中学受験において、親はどこまで支えたらいいのか?




難しい問題です。


子どもが簡単な問題でつまづいている時に、それを知ってる親は解き方を教えて、無駄に時間をかけさせないようにします。

膨大な範囲を修めないといけない中学受験において、
中学受験を勝ち抜くためには変なところで分からないと躓いてはいられません。



効率よく、確実に。

それが必要となり求められていることになります。



だから、親として子どもが変なことに躓いているとすぐさま介入して、やり方を教えて正しい解き方を身に着けさせようとする。



その一方で「わからない」と悩むという非効率な行い自体が、子どもの思考を深くするということもあります。

いっぱい悩んだことで、問題をいろんな角度から考えることが出来て、新しい学びをどんどん吸収することが出来る。



解き方を簡単に与えて効率的に進めるやり方と、悩みじっくりと考えて先に進まない非効率的なやり方。

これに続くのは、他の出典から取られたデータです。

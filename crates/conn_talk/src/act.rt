//! What the bytes of a connection ask for.

use b2_base::Blob;
use b2_types::Fault;
use http_edge::Head;

/// What a piece of a connection's bytes brings. The request in a head stays where its client asks
/// for another one on the connection and its connection has one left.
#[derive(Drop)]
pub enum Act {
    /// A request that is no upload, and its body.
    Whole(Head, Blob),
    /// An upload begins.
    Begin(Head),
    /// Bytes of its body, after those before them.
    Body(Blob),
    /// Its body is whole.
    End,
    /// The form of a request is refused.
    Refuse(Fault),
}
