// Header blocks of HTTP/2 (RFC 7541): a decoder that reads each block as the standard says, or tells
// its first fault, and an encoder whose blocks such a decoder reads as the lists that they were made of.
#![tactic(auto)]

mod decoder;
mod dynamic_table;
mod encoder;
mod fault;
mod field;
mod gathered;
mod headers;
mod huffman;
mod integers;
mod laws;
mod representation;
mod standing;
mod static_table;
mod strings;
mod tree;

pub use decoder::Decoder;
pub use encoder::Encoder;
pub use fault::{HpackError, HpackFault, HpackReason};
pub use headers::Headers;
pub use laws::{block_laws, fault_laws, huffman_laws, round_trip_laws};
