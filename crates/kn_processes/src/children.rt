// The processes that the driver starts.
use crate::sockets::pause;
use std::process::{Child, Command};
use std::{env, io};

/// A server, an agent and a client, those that were started.
#[derive(Drop)]
pub struct Children {
    pub server: Option<Child>,
    pub agent: Option<Child>,
    pub client: Option<Child>,
}

/// Starts this program with the words.
pub fn start(rt: &HostRuntime, words: &[&str]) -> io::Result<Option<Child>> {
    let alloc = rt.alloc();
    let me = env::current_exe(rt)?;
    let mut command = Command::new(alloc, me)?;
    for word in words {
        command.arg(*word)?;
    }
    Ok(Some(command.spawn(rt)?))
}

/// Whether the process has ended, and with which status.
pub fn ended(child: &mut Option<Child>) -> Option<Option<i32>> {
    match child {
        Some(child) => match child.try_wait() {
            Ok(Some(status)) => Some(status.code()),
            Ok(None) => None,
            Err(_) => Some(None),
        },
        None => Some(None),
    }
}

/// Whether the process ends with status 0.
pub fn ends_well(rt: &HostRuntime, child: &mut Option<Child>) -> bool {
    for _ in 0..10_000 {
        if let Some(status) = ended(child) {
            return status == Some(0);
        }
        pause(rt, 10);
    }
    false
}

fn end(child: &mut Option<Child>) {
    if let Some(child) = child {
        let _ = child.kill();
        let _ = child.wait();
    }
}

impl Children {
    pub fn new() -> Children {
        Children {
            server: None,
            agent: None,
            client: None,
        }
    }

    /// Ends those that still run, and waits for them.
    pub fn end(&mut self) {
        end(&mut self.server);
        end(&mut self.agent);
        end(&mut self.client);
    }
}
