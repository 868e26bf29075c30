ghost use Rattle.std.specs.Prelude.{◌≡◌};
ghost use Rattle.kn_hpack.specs.declared.fault.TextError.TheVariants.{NoMemory};

use std::alloc::{AllocError, AllocFailed};

/// What is wrong with a header block (RFC 7541). Several causes in one block: the first in reading order
/// is told.
#[derive(Clone, Copy, PartialEq, Eq, Debug, Drop)]
pub enum HpackReason {
    /// The index 0 as a field, or an index beyond both tables (section 2.3.3).
    Index,
    /// More than five continuation bytes, or a number over 2,147,483,647 (section 5.1).
    Integer,
    /// What follows the last whole code of a string is more than seven bits, or not all ones (section 5.2).
    Padding,
    /// The code of the end stands in a string (section 5.2).
    Eos,
    /// A new limit over 4,096, or after a field of the block (sections 4.2 and 6.3).
    TableSize,
    /// The block ends inside a representation.
    Cut,
    /// The fields so far count over 16,384 together, each its texts and 32.
    TooLarge,
}

/// The first fault of a header block.
#[derive(Clone, Copy, PartialEq, Eq, Debug, Drop)]
pub struct HpackFault {
    /// The offset in the block of the first byte of the representation with the fault.
    pub place: usize,
    pub reason: HpackReason,
}

/// Why a block gave no list.
#[derive(Clone, Copy, PartialEq, Eq, Debug, Drop)]
pub enum HpackError {
    /// Want of memory. The table no longer is the peer's, so every later call answers the same.
    NoMemory,
    /// The block has no reading; this is its first fault.
    Fault(HpackFault),
    /// An earlier block had this fault.
    Failed(HpackFault),
}

/// Why a part of a block was not read.
#[derive(Clone, Copy, Drop)]
pub enum TextError {
    NoMemory,
    Fault(HpackReason),
}

impl From<AllocError> for TextError {
    ghost from_gives = { λ _ e. e ≡ NoMemory };

    fn from(_error: AllocError) -> TextError {
        TextError::NoMemory
    }
}

impl<T: Drop> From<AllocFailed<T>> for TextError {
    ghost from_gives = { λ _ e. e ≡ NoMemory };

    fn from(_error: AllocFailed<T>) -> TextError {
        TextError::NoMemory
    }
}

/// Why a block was not read.
#[derive(Clone, Copy, Drop)]
pub enum BlockError {
    NoMemory,
    Fault(HpackFault),
}
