ghost use Rattle.std.specs.Prelude.{◌≡◌, ◌≤◌, ◌∷◌, [], IfOk, OnOk};
ghost use Rattle.kn_hpack.specs.Fields.{kept, total, added, resized, pair, table_of};
ghost use Rattle.kn_hpack.specs.Indexes.{field_at, lent};

use crate::field::Pair;
use crate::static_table::static_field;
use std::alloc::{AllocError, Global};
use std::collections::VecDeque;
use std::marker::Model;

/// The dynamic table of a decoder (RFC 7541, section 2.3.2), the newest field first.
#[derive(Drop)]
pub struct Dynamic {
    limit: usize,
    count: usize,
    pairs: VecDeque<Pair>,
}

impl Model for Dynamic {
    ghost use Rattle.std.specs.Prelude.{◌≡◌, ◌≤◌};
    ghost use Rattle.kn_hpack.specs.Fields.{Table, table_of, total};

    ghost Value = { Table };

    ghost view = { λ d. table_of d.limit d.pairs.items };

    ghost invariant = { λ d. (d.count ≡ total d.pairs.items) × (d.count ≤ d.limit) × (d.limit ≤ 4096) };
}

/// The oldest fields leave until the rest counts at most `room`. Gives what the rest counts.
#[tactic(auto, using(crate::proofs::TableFacts::kept_all, crate::proofs::TableFacts::kept_last, crate::proofs::TableFacts::total_append))]
fn evict(pairs: &mut VecDeque<Pair>, count: usize, room: usize) -> usize
    requires { count ≡ total pairs.old.items }
    ensures kept { pairs.new.items ≡ kept room pairs.old.items }
    ensures count { result ≡ total pairs.new.items }
    ensures bound { result ≤ room }
{
    let mut left = count;
    while left > room {
        match pairs.pop_back() {
            Some(pair) => left -= pair.size(),
            None => break,
        }
    }
    left
}

/// One more field, where the oldest leave until there is room, and one over the limit empties the table.
/// Gives what the fields count.
#[tactic(auto, using(crate::proofs::TableFacts::kept_more, crate::proofs::TableFacts::kept_none))]
fn insert(
    pairs: &mut VecDeque<Pair>,
    count: usize,
    limit: usize,
    pair: Pair,
) -> Result<usize, AllocError>
    requires count { count ≡ total pairs.old.items }
    requires limit { limit ≤ 4096 }
    ensures kept { OnOk result (pairs.new.items ≡ kept limit (pair ∷ pairs.old.items)) }
    ensures count { IfOk result (λ n. n ≡ total pairs.new.items) }
    ensures bound { IfOk result (λ n. n ≤ limit) }
{
    let size = pair.size();
    if size > limit {
        pairs.clear();
        return Ok(0);
    }
    let left = evict(pairs, count, limit - size);
    pairs.push_front(pair)?;
    Ok(left + size)
}

impl Dynamic {
    /// An empty table with the limit 4,096, with which each connection begins.
    pub fn new(alloc: Global) -> Dynamic
        ensures { result ≡ table_of 4096 [] }
    {
        Dynamic {
            limit: 4096,
            count: 0,
            pairs: VecDeque::new(alloc),
        }
    }

    /// The field that an index names, in the static table or in this one.
    #[tactic(auto, using(crate::proofs::IndexFacts::index_zero, crate::proofs::IndexFacts::index_static, crate::proofs::IndexFacts::index_dynamic))]
    pub fn field_at(&self, index: u32) -> Option<(&[u8], &[u8])>
        ensures { lent result ≡ field_at self.now index }
    {
        if index == 0 {
            return None;
        }
        let place = (index - 1) as usize;
        if place < 61 {
            return Some(static_field(place));
        }
        match self.pairs.get(place - 61) {
            Some(pair) => Some((pair.name(), pair.value())),
            None => None,
        }
    }

    /// Adds a copy of the field (RFC 7541, section 4.4). After an `Err` the table is empty.
    pub fn add(&mut self, alloc: Global, name: &[u8], value: &[u8]) -> Result<(), AllocError>
        ensures { OnOk result (self.new ≡ added self.old (pair name.now value.now)) }
    {
        let pair = Pair::copy_of(alloc, name, value)?;
        match insert(&mut self.pairs, self.count, self.limit, pair) {
            Ok(count) => {
                self.count = count;
                Ok(())
            }
            Err(error) => {
                self.pairs.clear();
                self.count = 0;
                Err(error)
            }
        }
    }

    /// Another limit (RFC 7541, section 4.3).
    pub fn resize(&mut self, limit: usize)
        requires { limit ≤ 4096 }
        ensures { self.new ≡ resized self.old limit }
    {
        self.count = evict(&mut self.pairs, self.count, limit);
        self.limit = limit;
    }
}
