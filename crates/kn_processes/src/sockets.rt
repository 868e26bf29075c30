// Sockets of the driver: they do not block, and each try is bounded.
use std::io::{self, Read, Write};
use std::net::{SocketAddr, TcpListener, TcpStream};
use std::thread;
use std::time::Duration;

/// How often something is tried before the step is given up.
pub const TRIES: u32 = 100_000;

/// Sleeps so many tenths of a millisecond.
pub fn pause(rt: &HostRuntime, tenths: u64) {
    thread::sleep(rt, Duration::from_micros(tenths.saturating_mul(100)));
}

/// A connection to the address, tried while nobody listens there.
pub fn connect(rt: &HostRuntime, address: SocketAddr) -> Option<TcpStream> {
    for _ in 0..2_000 {
        if let Ok(stream) = connect_once(rt, address) {
            return Some(stream);
        }
        pause(rt, 50);
    }
    None
}

/// A connection to the address, tried once.
pub fn connect_once(rt: &HostRuntime, address: SocketAddr) -> io::Result<TcpStream> {
    let stream = TcpStream::connect(rt, address)?;
    stream.set_nonblocking(true)?;
    stream.set_nodelay(true)?;
    Ok(stream)
}

/// The next connection of a listener that does not block.
pub fn accept(rt: &HostRuntime, listener: &TcpListener) -> Option<TcpStream> {
    for _ in 0..TRIES {
        match listener.accept() {
            Ok((stream, _)) => {
                if stream.set_nonblocking(true).is_ok() {
                    return Some(stream);
                }
                return None;
            }
            Err(error) => {
                if error.kind() != io::ErrorKind::WouldBlock {
                    return None;
                }
            }
        }
        pause(rt, 1);
    }
    None
}

/// What one try of a read or a write came to.
#[derive(Clone, Copy, Debug, PartialEq, Eq)]
pub enum Moved {
    Bytes(usize),
    Nothing,
    End,
    Failed,
}

fn answer_of(answer: io::Result<usize>) -> Moved {
    match answer {
        Ok(0) => Moved::End,
        Ok(count) => Moved::Bytes(count),
        Err(error) => {
            if error.kind() == io::ErrorKind::WouldBlock {
                Moved::Nothing
            } else {
                Moved::Failed
            }
        }
    }
}

// The byte at an offset of what is sent.
fn byte_at(offset: usize) -> u8 {
    (offset % 251) as u8
}

// Writes some of the bytes from an offset up to the count.
fn write_some(stream: &mut TcpStream, offset: usize, count: usize) -> Moved {
    let mut piece = [0u8; 4_096];
    for (index, byte) in piece.iter_mut().enumerate() {
        *byte = byte_at(offset.saturating_add(index));
    }
    let length = count.saturating_sub(offset).min(4_096);
    match piece.get(..length) {
        Some(bytes) => answer_of(stream.write(bytes)),
        None => Moved::Failed,
    }
}

// Reads some bytes, which have to be those from an offset on.
fn read_some(stream: &mut TcpStream, offset: usize) -> Moved {
    let mut room = [0u8; 4_096];
    let came = answer_of(stream.read(&mut room));
    if let Moved::Bytes(count) = came {
        for (index, byte) in room.iter().take(count).enumerate() {
            if *byte != byte_at(offset.saturating_add(index)) {
                return Moved::Failed;
            }
        }
    }
    came
}

/// Passes so many bytes from one socket to the other, through whatever is between them, and says whether all came
/// as they were sent.
pub fn pass(rt: &HostRuntime, from: &mut TcpStream, to: &mut TcpStream, count: usize) -> bool {
    let mut sent = 0usize;
    let mut got = 0usize;
    for _ in 0..TRIES {
        if got >= count {
            return got == count;
        }
        let mut moves = false;
        if sent < count {
            match write_some(from, sent, count) {
                Moved::Bytes(some) => {
                    sent = sent.saturating_add(some);
                    moves = true;
                }
                Moved::Nothing => {}
                Moved::End | Moved::Failed => return false,
            }
        }
        match read_some(to, got) {
            Moved::Bytes(some) => {
                got = got.saturating_add(some);
                moves = true;
            }
            Moved::Nothing => {}
            Moved::End | Moved::Failed => return false,
        }
        if !moves {
            pause(rt, 1);
        }
    }
    false
}

/// Whether the other end closes, and nothing comes before that.
pub fn closes(rt: &HostRuntime, stream: &mut TcpStream, tries: u32) -> bool {
    let mut room = [0u8; 16];
    for _ in 0..tries {
        match answer_of(stream.read(&mut room)) {
            Moved::Nothing => {}
            Moved::End => return true,
            Moved::Bytes(_) | Moved::Failed => return false,
        }
        pause(rt, 1);
    }
    false
}

/// Sends a request for a tunnel, and answers the status of the reply, byte by byte up to its empty line.
pub fn ask(rt: &HostRuntime, stream: &mut TcpStream, head: &str) -> Option<[u8; 3]> {
    if !write_all(rt, stream, head.as_bytes()) {
        return None;
    }
    let mut status = [0u8; 3];
    let mut ended = 0u8;
    let mut place = 0usize;
    for _ in 0..TRIES {
        let mut room = [0u8; 1];
        match answer_of(stream.read(&mut room)) {
            Moved::Bytes(_) => {
                let [byte] = room;
                if let Some(index) = place.checked_sub(9) {
                    if let Some(digit) = status.get_mut(index) {
                        *digit = byte;
                    }
                }
                place = place.saturating_add(1);
                ended = next_end(ended, byte);
                if ended == 4 {
                    return Some(status);
                }
            }
            Moved::Nothing => pause(rt, 1),
            Moved::End | Moved::Failed => return None,
        }
    }
    None
}

// How much of an empty line has come.
fn next_end(ended: u8, byte: u8) -> u8 {
    match (ended, byte) {
        (0, b'\r') | (2, b'\r') => ended.saturating_add(1),
        (1, b'\n') | (3, b'\n') => ended.saturating_add(1),
        (_, b'\r') => 1,
        _ => 0,
    }
}

fn write_all(rt: &HostRuntime, stream: &mut TcpStream, bytes: &[u8]) -> bool {
    let mut rest = bytes;
    for _ in 0..TRIES {
        if rest.is_empty() {
            return true;
        }
        match answer_of(stream.write(rest)) {
            Moved::Bytes(count) => match rest.get(count..) {
                Some(after) => rest = after,
                None => return false,
            },
            Moved::Nothing => pause(rt, 1),
            Moved::End | Moved::Failed => return false,
        }
    }
    false
}
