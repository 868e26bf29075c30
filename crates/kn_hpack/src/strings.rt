ghost use Rattle.kn_hpack.specs.Faults.{Gives};
ghost use Rattle.kn_hpack.specs.Strings.{text_at, string_at};

use crate::fault::{HpackReason, TextError};
use crate::huffman::read_text;
use crate::integers::integer_at;
use std::alloc::Global;

/// The text of a body, whose length stood behind the byte `first`.
#[tactic(auto, unfolding(crate::specs::Strings::text_at))]
fn text_at(alloc: Global, first: u8, body: &[u8]) -> Result<Vec<u8>, TextError>
    ensures { Gives (λ v. v.items) result (text_at first body.now) }
{
    if first < 128 {
        Ok(Vec::from_slice(alloc, body)?)
    } else {
        read_text(alloc, body)
    }
}

/// The string at the front, and the bytes after it (RFC 7541, section 5.2).
#[tactic(auto, unfolding(crate::specs::Strings::string_at))]
pub fn string_at(alloc: Global, bytes: &[u8]) -> Result<(Vec<u8>, &[u8]), TextError>
    ensures { Gives (λ x. (x.0.items, x.1.now)) result (string_at bytes.now) }
{
    match bytes {
        [] => Err(TextError::Fault(HpackReason::Cut)),
        [first, ..] => {
            let (len, rest) = integer_at(bytes, 127)?;
            let len = len as usize;
            if rest.len() < len {
                return Err(TextError::Fault(HpackReason::Cut));
            }
            let text = text_at(alloc, *first, &rest[..len])?;
            Ok((text, &rest[len..]))
        }
    }
}
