// The steps: a tunnel through the server's gate of CONNECT, one through a client, and the end of all three processes.
use crate::children::{Children, ended, ends_well, start};
use crate::sockets::{accept, ask, closes, connect, connect_once, pass, pause};
use std::io;
use std::net::{Ipv4Addr, SocketAddr, TcpListener, TcpStream};

const BYTES: usize = 100_000;

const AGENTS: u16 = 8_091;

const CLIENTS: u16 = 8_090;

const CONNECT: u16 = 8_131;

const APPS: u16 = 9_000;

/// The addresses of a run. They are of this machine's loopback, and no other run has them at the same time: their
/// last two numbers are those of a port that the run holds.
#[derive(Drop)]
pub struct Scene {
    place: Ipv4Addr,
    // Held until the end.
    port: TcpListener,
    destination: TcpListener,
    target: SocketAddr,
}

/// The open ends of one tunnel.
#[derive(Drop)]
struct Tunnel {
    app: TcpStream,
    destination: TcpStream,
}

impl Tunnel {
    fn carries(&mut self, rt: &HostRuntime) -> bool {
        pass(rt, &mut self.app, &mut self.destination, BYTES)
            && pass(rt, &mut self.destination, &mut self.app, BYTES)
    }
}

fn said(rt: &HostRuntime, done: bool, step: &str) -> io::Result<bool> {
    if done {
        println!(rt; "{step}")?;
    } else {
        println!(rt; "not done: {step}")?;
    }
    Ok(done)
}

impl Scene {
    /// Takes a place of its own, and listens there as the destination.
    pub fn set(rt: &HostRuntime) -> io::Result<Scene> {
        let port = TcpListener::bind(rt, SocketAddr::from((Ipv4Addr::LOCALHOST, 0)))?;
        let [high, low] = port.local_addr()?.port().to_be_bytes();
        let place = Ipv4Addr::new(127, 77, high, low);
        let destination = TcpListener::bind(rt, SocketAddr::from((place, 0)))?;
        destination.set_nonblocking(true)?;
        let target = destination.local_addr()?;
        Ok(Scene {
            place,
            port,
            destination,
            target,
        })
    }

    fn at(&self, port: u16) -> SocketAddr {
        SocketAddr::from((self.place, port))
    }

    fn text(&self, rt: &HostRuntime, port: u16) -> io::Result<String> {
        Ok(format!(in rt.alloc(); "{}", self.at(port))?)
    }

    /// Goes through the steps as long as each is done.
    pub fn play(&self, rt: &HostRuntime, children: &mut Children) -> io::Result<bool> {
        let _held = &self.port;
        let server = self.start_server(rt, children)?;
        if !said(rt, server, "the server takes clients")? {
            return Ok(false);
        }
        let Some(first) = self.first_tunnel(rt, children)? else {
            return said(rt, false, "the agent dials for a request of CONNECT");
        };
        said(rt, true, "the agent dials for a request of CONNECT")?;
        self.play_on(rt, children, first)
    }

    fn play_on(
        &self,
        rt: &HostRuntime,
        children: &mut Children,
        first: Tunnel,
    ) -> io::Result<bool> {
        let mut first = first;
        let carried = first.carries(rt);
        if !said(rt, carried, "100000 bytes went each way")? {
            return Ok(false);
        }
        let Some(mut second) = self.second_tunnel(rt, children)? else {
            return said(rt, false, "the client takes an app");
        };
        said(rt, true, "the client takes an app")?;
        let carried = second.carries(rt);
        if !said(
            rt,
            carried,
            "100000 bytes went each way beside the first tunnel",
        )? {
            return Ok(false);
        }
        let closed = close(rt, first) && close(rt, second);
        if !said(rt, closed, "both tunnels are closed")? {
            return Ok(false);
        }
        self.play_out(rt, children)
    }

    fn play_out(&self, rt: &HostRuntime, children: &mut Children) -> io::Result<bool> {
        let agent = ends_well(rt, &mut children.agent);
        if !said(rt, agent, "the agent ended with status 0")? {
            return Ok(false);
        }
        let client = ends_well(rt, &mut children.client);
        if !said(rt, client, "the client ended with status 0")? {
            return Ok(false);
        }
        let server = self.wear_out(rt, children)?;
        said(rt, server, "the server ended with status 0")
    }

    fn start_server(&self, rt: &HostRuntime, children: &mut Children) -> io::Result<bool> {
        let agents = self.text(rt, AGENTS)?;
        let clients = self.text(rt, CLIENTS)?;
        let gate = self.text(rt, CONNECT)?;
        children.server = start(
            rt,
            &[
                "server",
                "--agents",
                agents.as_str(),
                "--clients",
                clients.as_str(),
                "--connect",
                gate.as_str(),
                "--tunnels",
                "5000",
            ],
        )?;
        Ok(connect(rt, self.at(CLIENTS)).is_some())
    }

    fn head(&self, rt: &HostRuntime) -> io::Result<String> {
        let target = self.target;
        Ok(format!(in rt.alloc(); "CONNECT {target} HTTP/1.1\r\n\r\n")?)
    }

    fn first_tunnel(
        &self,
        rt: &HostRuntime,
        children: &mut Children,
    ) -> io::Result<Option<Tunnel>> {
        let agents = self.text(rt, AGENTS)?;
        children.agent = start(
            rt,
            &["agent", "--server", agents.as_str(), "--tunnels", "2"],
        )?;
        let head = self.head(rt)?;
        for _ in 0..2_000 {
            let Some(mut app) = connect(rt, self.at(CONNECT)) else {
                return Ok(None);
            };
            if ask(rt, &mut app, head.as_str()) == Some(*b"200") {
                return Ok(self.tunnel(rt, app));
            }
            pause(rt, 50);
        }
        Ok(None)
    }

    fn tunnel(&self, rt: &HostRuntime, app: TcpStream) -> Option<Tunnel> {
        let destination = accept(rt, &self.destination)?;
        Some(Tunnel { app, destination })
    }

    fn second_tunnel(
        &self,
        rt: &HostRuntime,
        children: &mut Children,
    ) -> io::Result<Option<Tunnel>> {
        let clients = self.text(rt, CLIENTS)?;
        let apps = self.text(rt, APPS)?;
        let target = format!(in rt.alloc(); "{}", self.target)?;
        children.client = start(
            rt,
            &[
                "client",
                "--server",
                clients.as_str(),
                "--listen",
                apps.as_str(),
                "--address",
                target.as_str(),
                "--tunnels",
                "1",
            ],
        )?;
        match connect(rt, self.at(APPS)) {
            Some(app) => Ok(self.tunnel(rt, app)),
            None => Ok(None),
        }
    }

    // Asks the server again and again, whatever it replies, until it is gone.
    fn wear_out(&self, rt: &HostRuntime, children: &mut Children) -> io::Result<bool> {
        let head = self.head(rt)?;
        for _ in 0..10_000 {
            if let Some(status) = ended(&mut children.server) {
                return Ok(status == Some(0));
            }
            match connect_once(rt, self.at(CONNECT)) {
                Ok(mut app) => {
                    let _ = ask(rt, &mut app, head.as_str());
                }
                Err(_) => pause(rt, 10),
            }
        }
        Ok(false)
    }
}

// The app closes, and its destination hears of it.
fn close(rt: &HostRuntime, tunnel: Tunnel) -> bool {
    let Tunnel { app, destination } = tunnel;
    drop(app);
    let mut destination = destination;
    closes(rt, &mut destination, 50_000)
}
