use crate::fault::HpackFault;

/// Whether a decoder still reads blocks.
#[derive(Clone, Copy, Drop)]
pub enum Standing {
    Reading,
    /// A block had this fault.
    Failed(HpackFault),
    /// Memory ran out inside a block, so the table no longer is the peer's.
    OutOfMemory,
}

これらをどのように両立させるべきかが非常に難しいです。



子どもが問題をうまく解けていないよう。

そんな時にどのタイミングで介入すべきなのか。


悩ませる時間が必要だとは分かっていても、分からない問題に無駄に時間をかけるくらいならと、我慢出来ずに口を出しているというのが現状ではあります。



どうすればいいものか?


ふと「自転車に乗れるようになったとき」のことを思い出しました。




補助輪をつけて自転車を必死に漕いでいたのが、補助輪を外したあと「離さないで離さないで」と支えるこちらを見ながら恐る恐る漕ぐ我が子。


いったいいつまで支え続ければいいのか?

適当なタイミングでそっと支えを離してはこけて、「離すなと言ったのに」と怒られる。

そうこう繰り返すうちに「乗れた!乗れた!!」となっている。




この自転車を支える親の手が、分からないところを教える親の手と重なるように感じます。

子どもがこけないようにケガをしないようにと。


でも、それではいつまで経っても一人で自転車を漕げるようにはならない。

自分一人の力で何度も失敗をして、それでも諦めずに練習してるとそのうち乗れるようになっています。

親が支え続けていては乗れないのです。


支えることは必要ですけど、支え続けることは必要ではないのでしょう。




自分だけの力で乗れるようにとなってこそ、自転車が乗れるようになる。

勉強におけるあり方もまさにそれで、だから「自走」と言うのかと目から鱗です。




勉強も自転車に乗るのと同じようなもの。


いつまでも支え続けてはならないんだと思いました。